Shorter descriptions cost fewer tokens and are easier for agents to parse. Every sentence should earn its place.

Completeness2/5

Given the tool's complexity, does the description cover enough for an agent to succeed on first attempt?

Given the tool's simplicity (0 parameters, no output schema), the description is incomplete. It lacks context about the sound's source, volume, duration, or system requirements. With no annotations to fill gaps, the description should provide more detail to ensure the agent understands how to invoke it effectively.

Complex tools with many parameters or behaviors need more documentation. Simple tools need less. This dimension scales expectations accordingly.

Parameters4/5

Does the description clarify parameter syntax, constraints, interactions, or defaults beyond what the schema provides?

The tool has 0 parameters, and schema description coverage is 100% (as there are no parameters to describe). The description doesn't need to add parameter semantics, so a baseline score of 4 is appropriate, reflecting that no additional information is required beyond the empty schema.

Input schemas describe structure but not intent. Descriptions should explain non-obvious parameter relationships and valid value ranges.

Purpose3/5

Does the description clearly state what the tool does and how it differs from similar tools?

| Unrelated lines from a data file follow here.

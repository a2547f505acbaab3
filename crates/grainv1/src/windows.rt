// The published functions at sixteen clocks: each place is the first of a window of sixteen, and the lowest sixteen bits of the result are the function's
// values at these clocks.
ghost use Rattle.std.specs.Prelude.{◌≡◌, ◌++◌, drop};
ghost use Rattle.bits.specs.Bytes.{word};
ghost use Rattle.generators.specs.Algebra.{words};
ghost use Rattle.grainv1.specs.Functions.{L, F, h, z};
ghost use Rattle.grainv1.specs.Words.{window};

use crate::registers;

// The words have a register's places from 0 and from 16 on.
#[derive(Clone, Copy)]
pub struct Windows(pub u64, pub u64);

impl Windows {
    // Of a register in two words.
    pub fn of(word0: u64, word1: u64) -> Windows
        ensures { (result.0 ≡ word0) × (word 64 result.1 ≡ drop 16 (word 64 word0) ++ word 16 word1) }
    {
        Windows(word0, registers::moved(word0, word1))
    }

    // Sixteen places from place k on, at the lower end of a word.
    fn place(self, k: u32) -> u64
        ensures { result ≡ window self.0 self.1 k }
    {
        if k < 16 {
            self.0 >> (48 - k)
        } else {
            self.1 >> 64u32.saturating_sub(k)
        }
    }
}

pub fn linear(s: Windows) -> u64
    ensures { result ≡ L words (window s.0 s.1) }
{
    s.place(62) ^ s.place(51) ^ s.place(38) ^ s.place(23) ^ s.place(13) ^ s.place(0)
}

pub fn nonlinear(b: Windows) -> u64
    ensures { result ≡ F words (window b.0 b.1) }
{
    b.place(62)
        ^ b.place(60)
        ^ b.place(52)
        ^ b.place(45)
        ^ b.place(37)
        ^ b.place(33)
        ^ b.place(28)
        ^ b.place(21)
        ^ b.place(14)
        ^ b.place(9)
        ^ b.place(0)
        ^ (b.place(63) & b.place(60))
        ^ (b.place(37) & b.place(33))
        ^ (b.place(15) & b.place(9))
        ^ (b.place(60) & b.place(52) & b.place(45))
        ^ (b.place(33) & b.place(28) & b.place(21))
        ^ (b.place(63) & b.place(45) & b.place(28) & b.place(9))
        ^ (b.place(60) & b.place(52) & b.place(37) & b.place(33))
        ^ (b.place(63) & b.place(60) & b.place(21) & b.place(15))
        ^ (b.place(63) & b.place(60) & b.place(52) & b.place(45) & b.place(37))
        ^ (b.place(33) & b.place(28) & b.place(21) & b.place(15) & b.place(9))
        ^ (b.place(52) & b.place(45) & b.place(37) & b.place(33) & b.place(28) & b.place(21))
}

fn h(x0: u64, x1: u64, x2: u64, x3: u64, x4: u64) -> u64
    ensures { result ≡ h words x0 x1 x2 x3 x4 }
{
    x1 ^ x4
        ^ (x0 & x3)
        ^ (x2 & x3)
        ^ (x3 & x4)
        ^ (x0 & x1 & x2)
        ^ (x0 & x2 & x3)
        ^ (x0 & x2 & x4)
        ^ (x1 & x2 & x4)
        ^ (x2 & x3 & x4)
}

pub fn output(s: Windows, b: Windows) -> u64
    ensures { result ≡ z words (window s.0 s.1) (window b.0 b.1) }
{
    let filter = h(
        s.place(3),
        s.place(25),
        s.place(46),
        s.place(64),
        b.place(63),
    );
    filter
        ^ b.place(1)
        ^ b.place(2)
        ^ b.place(4)
        ^ b.place(10)
        ^ b.place(31)
        ^ b.place(43)
        ^ b.place(56)
}
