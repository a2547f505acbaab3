// Start-up: key and nonce are loaded, and 160 clocks feed the output back.
ghost use Rattle.std.specs.Prelude.{◌≡◌};
ghost use Rattle.bits.specs.Bytes.{word};
ghost use Rattle.grainv1.specs.StartUp.{started};
ghost use Rattle.grainv1.specs.Words.{register, generator_of};

use crate::registers::Registers;
use crate::stroke;

// The registers after start-up. Of `key1` the lowest sixteen bits are the key's last.
pub fn start(key0: u64, key1: u64, nonce: u64) -> Registers
    ensures { generator_of result ≡ started (register key0 key1) (word 64 nonce) }
{
    let mut now = Registers {
        lfsr0: nonce,
        lfsr1: 0xffff,
        nfsr0: key0,
        nfsr1: key1,
    };
    for _ in 0..10u8 {
        now = stroke::fed_back(now);
    }
    now
}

The description states the tool's purpose ('Plays a completion sound when called'), which is clear but vague. It specifies the action ('Plays') and resource ('a completion sound'), but lacks detail about what constitutes a 'completion sound' or how it's played. With no sibling tools, differentiation isn't needed, but the purpose remains somewhat ambiguous.

Agents choose between tools based on descriptions. A clear purpose with a specific verb and resource helps agents select the right tool.

Usage Guidelines2/5

Does the description explain when to use this tool, when not to, or what alternatives exist?

The description provides no guidance on when to use this tool. It doesn't specify appropriate contexts (e.g., after a task finishes), prerequisites, or alternatives. With no sibling tools, this isn't a comparative issue, but the lack of any usage context leaves the agent without direction.

Agents often have multiple tools that could apply. Explicit usage guidance like "use X instead of Y when Z" prevents misuse.